# Low Gas, Car Wont Start



## anpee123 (Feb 26, 2008)

i have a 93 sentra 1.6l, i need help, when my gas is around 1 quarter tank, my car wont start, wat is wrong with it? can anyone help?


----------



## sonicgundam (Aug 15, 2007)

fuel guage is probably busted and you're actually empty. simple fix, fill it up...


----------



## anpee123 (Feb 26, 2008)

We actually looked at the fuel pump located under the back seats and everything appeared to be normal. The gauge reported having half gas in the tank and while looking into the tank, it actually seemed to have half the amount.. SO.. This lead us to think it was something in the front of the car, perhaps?


----------



## sonicgundam (Aug 15, 2007)

dash gauges are not exact readerr. they're more indicators than anything. you may notice that your gas gauge, if like mine, goes from full to half, rather quickly (about 3-4 days) but half to empty takes another week and a half. my point is that, even though it may look about half, when the gauge says half full, doesn't mean it's a quarter tank full when the gauge says a quarter tank full. in my mind, the only thing that could be keeping you from getting fuel to the engine, is either the pump, or simply an empty tank. clogged filters or injector would simply bog the engine. not running means no gas is getting past the pump.

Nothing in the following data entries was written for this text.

// Reads the log of a tray, from standard input or from the file that its argument names, and writes the stock table to standard output.
#![tactic(auto)]

ghost use Rattle.std.specs.Prelude.{true, ◌≡◌, ◌≤◌, length, replicate};
ghost use Rattle.octets.specs.Writing.{written, output_after};
ghost use Rattle.held_line.specs.Lines.{held_text};
ghost use Rattle.import_tray.specs.Trays.{report_text, last_report};
ghost use Rattle.import_log.specs.Logs.{taken, area_after};
ghost use Rattle.import_capabilities.specs.Turns.{waiting_with, RowWaits, whole_line, Turn, SocketsPut, LastPut, EndPut};
ghost use Rattle.import_capabilities.specs.Runs.{Starts, Ran};

use held_line::HeldLine;
use import_log::{Log, Taken};
use line_fields::MOST;
use lines::Streams;
use octets::Written;
use std::env::{Env, FillError};
use std::fs;
use std::io::Read;
use std::rt::Files;
use stock_table::Row;
use transactions::Socket;

// What is written out together: it has room for any row.
type Output = [u8; 65536];

// How far the program has come.
#[derive(Clone, Copy)]
struct Progress {
    streams: Streams,
    line: HeldLine,
    log: Log,
}

// The text at the end of what waited waits too.
fn waits(streams: Streams, answer: Written, output: &[u8]) -> Streams
    ensures { result ≡ waiting_with streams answer output.now }
{
    let Ok(n) = answer else {
        // Never: room was made for any row.
        return streams;
    };
    lines::add_waiting(streams, output, n)
}

// The text of a report at the start of the output, or refusal 11.
fn write_report(report: Option<Row>, output: &mut [u8]) -> Written
    ensures { (result ≡ written true (report_text report) output.old)
        × (output.new ≡ output_after true (report_text report) output.old)
        × (length (report_text report) ≤ 315) }
{
    let Some(row) = report else {
        return Ok(0);
    };
    stock_table::write_row(row, output)
}

// The row of a report waits.
// The handle, the streams and the output stay parameters here and below: a struct of them would lend the output, and each contract would speak of it through
// the loan. Here alone the output is a slice with a clause on its length: over the array the proof, which takes what stands behind the text, did not close.
fn put_report<P: Print + Eprint>(
    rt: &P,
    before: Streams,
    report: Option<Row>,
    output: &mut [u8],
) -> Streams
    requires { 315 ≤ length output.old }
    ensures { RowWaits before output.old (report_text report) result output.new }
{
    let streams = lines::make_room(rt, before, output, MOST);
    let answer = write_report(report, &mut output[streams.waiting..]);
    waits(streams, answer, output)
}

// Takes the line that is held.
fn take_held(log: Log, area: &mut [u8], line: HeldLine) -> Taken
    ensures { (result ≡ taken log area.old (held_text line))
        × (area.new ≡ area_after log area.old (held_text line)) }
{
    let count = line.count.min(64);
    import_log::take_line(log, area, &line.characters[..count])
}

// What is held of a line at its end, by a newline or by the end of input.
fn whole_line(streams: Streams, line: HeldLine) -> HeldLine
    ensures { result ≡ whole_line streams line }
{
    if streams.ends {
        return line;
    }
    held_line::settle(line)
}

// Reads on as far as a line's end, or the end of what is there. Where the line is then whole, it is taken, and its row waits in the output.
fn take_turn<P: Print + Eprint, R: Read>(
    rt: &P,
    reader: &mut R,
    progress: Progress,
    input: &mut [u8],
    area: &mut [u8],
    output: &mut Output,
) -> Progress
    ensures { Turn progress input.old area.old output.old result input.new area.new output.new }
{
    let streams = lines::next_piece(rt, reader, progress.streams, input, output);
    let line = held_line::hold_piece(progress.line, &input[streams.from..streams.to]);
    let begun = held_line::begun(line);
    if lines::is_whole(streams, begun) {
        let whole = whole_line(streams, line);
        let taken = take_held(progress.log, area, whole);
        return Progress {
            streams: put_report(rt, streams, taken.report, output),
            line: held_line::empty_line(),
            log: taken.log,
        };
    }
    Progress {
        streams,
        line,
        log: progress.log,
    }
}

// The header is the first row, always.
fn begin(output: &mut Output) -> Progress
    ensures { Starts output.old result output.new }
{
    let answer = stock_table::write_header(output);
    Progress {
        streams: waits(lines::start(), answer, output),
        line: held_line::empty_line(),
        log: import_log::new_log(),
    }
}

// What is said of a socket after the last line.
fn put_socket<P: Print + Eprint>(
    rt: &P,
    log: Log,
    socket: Socket,
    before: Streams,
    output: &mut Output,
) -> Streams
    ensures { RowWaits before output.old (report_text (last_report log.tray socket)) result output.new }
{
    let report = import_tray::last_report(log.tray, socket);
    put_report(rt, before, report, output)
}

// The same of every socket.
fn put_sockets<P: Print + Eprint>(rt: &P, log: Log, before: Streams, output: &mut Output) -> Streams
    ensures { SocketsPut log.tray before output.old 8 result output.new }
{
    let mut streams = before;
    for socket in 1..=8 {
        streams = put_socket(rt, log, Socket(socket), streams, output);
    }
    streams
}

// The rows after the last line.
fn put_last<P: Print + Eprint>(rt: &P, log: Log, before: Streams, output: &mut Output) -> Streams
    ensures { LastPut log before output.old result output.new }
{
    let streams = put_sockets(rt, log, before, output);
    let row = stock_table::end_row(log.lines);
    put_report(rt, streams, Some(row), output)
}

// At the end of the input the last rows; a table that was cut short has none of them.
fn put_end<P: Print + Eprint>(rt: &P, progress: Progress, output: &mut Output) -> Streams
    ensures { EndPut progress output.old result output.new }
{
    if progress.streams.over {
        return put_last(rt, progress.log, progress.streams, output);
    }
    progress.streams
}

// Takes turns for as long as pieces are found, and writes out what still waits. What it then has is handed back so that the contract can speak of it.
fn run<P: Print + Eprint, R: Read>(
    rt: &P,
    reader: &mut R,
    input: &mut [u8],
    area: &mut [u8],
    output: &mut Output,
) -> Progress
    requires { area.old ≡ replicate 11752 0 }
    ensures { Ran input.old output.old result input.new area.new output.new }
{
    let mut progress = begin(output);
    // Nothing says that the input ends, so there is a number of turns that no run uses up.
    for turn in 0..u64::MAX {
        progress = take_turn(rt, reader, progress, input, area, output);
        if !progress.streams.found {
            break;
        }
    }
    let put = put_end(rt, progress, output);
    Progress {
        streams: lines::flush(rt, put, output),
        ..progress
    }
}

// Imports the log that a reader has.
fn import<P: Print + Eprint, R: Read>(rt: &P, reader: &mut R) {
    let mut input = io::large_buffer();
    let mut output = io::large_buffer();
    let mut area = [0u8; station::AREA_LENGTH];
    run(rt, reader, &mut input, &mut area, &mut output);
}

// Imports the file of a name.
fn import_file<H: Files + Print + Eprint>(rt: &H, name: &[u8]) {
    let Ok(name) = str::from_utf8(name) else {
        let _ = eprintln!(rt; "the name of the file: not UTF-8");
        return;
    };
    match fs::open(rt, name) {
        Ok(mut file) => import(rt, &mut file),
        Err(error) => lines::say_failed(rt, name, error),
    }
}

fn main(rt: HostRuntime) {
    let mut name = io::buffer();
    let first = rt.arg(1, &mut name);
    if matches!(first, Err(FillError::NotPresent)) {
        import(&rt, &mut rt.stdin());
        return;
    }
    let second = rt.arg(2, &mut []);
    if !matches!(second, Err(FillError::NotPresent)) || name[0] == b'-' {
        let _ = eprintln!(rt; "usage: import_capabilities [FILE]");
        return;
    }
    match first {
        Ok(length) => import_file(&rt, &name[..length]),
        Err(_) => {
            let _ = eprintln!(rt; "the name of the file: File name too long");
        }
    }
}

if it wasn't for the fact that it's happening at a specific time, i wouldn't jump to a poor gauge so quickly, but really that's all it sounds like. you're not experiencing bog or performance loss at any other time, it just simply sounds like you're running out of gas, and the gauge reads wrong. lucky for you, you know when the gauge is telling you you don't have enough fuel in the car. so even if there is left over fuel in the car, fill it up. it's not worth the time and energy to fix it honestly, because you can solve the problem by compensating with your own brain power.


----------



## trace_busta (Feb 2, 2008)

*awesome post*



sonicgundam said:


> dash gauges are not exact readerr. they're more indicators than anything. you may notice that your gas gauge, if like mine, goes from full to half, rather quickly (about 3-4 days) but half to empty takes another week and a half. my point is that, even though it may look about half, when the gauge says half full, doesn't mean it's a quarter tank full when the gauge says a quarter tank full. in my mind, the only thing that could be keeping you from getting fuel to the engine, is either the pump, or simply an empty tank. clogged filters or injector would simply bog the engine. not running means no gas is getting past the pump.
> 
> if it wasn't for the fact that it's happening at a specific time, i wouldn't jump to a poor gauge so quickly, but really that's all it sounds like. you're not experiencing bog or performance loss at any other time, it just simply sounds like you're running out of gas, and the gauge reads wrong. lucky for you, you know when the gauge is telling you you don't have enough fuel in the car. so even if there is left over fuel in the car, fill it up. it's not worth the time and energy to fix it honestly, because you can solve the problem by compensating with your own brain power.


brain power seems to be in short supply lately.

if you're a stickler and really want to fix it, drain your fuel tank completely and open it up again. if the tank is empty and the car says 1/4 you know what the problem is.

i had a 90 buick lesabre with this same problem, never bothered opening it up, just filled it @ 1/4 tank.


----------